Just wanted to share my recent success because you all will understand better than anyone!

I am a complete hobbyist, every soap batch is an experiment, and I buy whatever supplies I like even if not the cheapest. I've been soaping for two years. However a couple months ago I heard about a new handmade market at a hip reused building materials store downtown. I applied (because it was only a $35 booth fee, and I was tired of giving dozens of lbs of soap away) and happily I was one of 30% of vendors accepted. 
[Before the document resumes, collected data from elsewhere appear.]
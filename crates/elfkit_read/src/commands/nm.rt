//! nm: the symbols of each file that it names, or of the members of one that is an archive.

ghost use Rattle.std.specs.Prelude.{◌≡◌, IsTrue};
ghost use Rattle.tool_output.specs.Files.{LeavesFiles};
ghost use Rattle.tool_output.specs.Statuses.{refused_status};
ghost use Rattle.tool_output.specs.Outcomes.{Does};
ghost use Rattle.elfkit_read.specs.Nm.{nm_outcome};

use crate::objects::each_object;
use crate::titled_nm::TitledNm;
use crate::titles::Title;
use elf_outside::{Files, Sink};
use nm_tool::{NmOptions, NmTool};
use std::alloc::Global;
use tool_output::{Outputs, Stop};
use tool_text::Args;

/// The command nm: the symbols of each file, in the order of the names, and of each member of one
/// that is an archive, under titles where rows do not have the file's name. It returns whether
/// something was rejected.
#[tactic(auto, unfolding(crate::specs::Nm::nm_outcome))]
pub fn run_nm<F: Files, O: Sink, E: Sink>(
    alloc: Global,
    options: &NmOptions,
    names: &Args,
    files: &mut F,
    outputs: &mut Outputs<'_, O, E>,
) -> Result<bool, Stop>
    ensures does { IsTrue (F.tells files.old) → Does F.Files O.Sink E.Sink refused_status
        (nm_outcome options.now names.now (F.named files.old))
        result files.old files.new outputs.old outputs.new }
    ensures given { F.given files.new ≡ F.given files.old }
    ensures leaves { LeavesFiles F.Files O.Sink E.Sink
        result files.old files.new outputs.old outputs.new }
{
    let tool = &NmTool { options };
    let titled = !options.name_each;
    let of_file = TitledNm {
        tool,
        title: Title::Name.under(titled && names.len() > 1),
    };
    let of_member = TitledNm {
        tool,
        title: Title::Name.under(titled),
    };
    each_object(alloc, &of_file, &of_member, names, files, outputs)
}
The show was last Friday, I brought every single bar of soap I had (only 150, after all the giveaways I'd done all year) and in five hours I sold out! I had also prepared business cards and a website for the show and a bunch of people asked how to purchase from me again. 

I'm usually so critical of my own soaps, so it rocked to find out they are very sellable, even if people were mostly motivated by a cheap and easy present.


----------



## Obsidian (Dec 14, 2015)

Thats awesome, congrats!


----------



## Seawolfe (Dec 14, 2015)

How fun!! Congrats


----------



## snappyllama (Dec 14, 2015)

Congratulations!


----------



## Steve85569 (Dec 15, 2015)

Way cool!:clap:
Congratulations.
Want some soap? I've got some extra.:grin:


----------



## Bamagirl (Dec 15, 2015)

Congrats!


----------



## galaxyMLP (Dec 15, 2015)

Wow! Thats fantastic to hear!


----------



## traderbren (Dec 15, 2015)

Awesome!


----------



## Prysm (Dec 15, 2015)

Congratulations!


----------



## KristaY (Dec 15, 2015)

What an exciting day you had! Huge boost to your confidence and your soapy budget. I see new supplies headed your way! Nice job! :clap:


----------



## TBandCW (Dec 16, 2015)

Don't you just love it when others love your soap as much as you do?  Extremely gratifying!!
Woo-Hoo!!


----------



## SplendorSoaps (Dec 16, 2015)

Congratulations!


----------



## jules92207 (Dec 17, 2015)

That's awesome!!!


----------



## fionasfrightsoap (Jan 11, 2016)

That's awesome! We had a similar experience this year and it felt just amazing on so many levels! Way to go!


----------



## Spice (Jan 12, 2016)

It always great to have a good day selling soaps. Keep going!


----------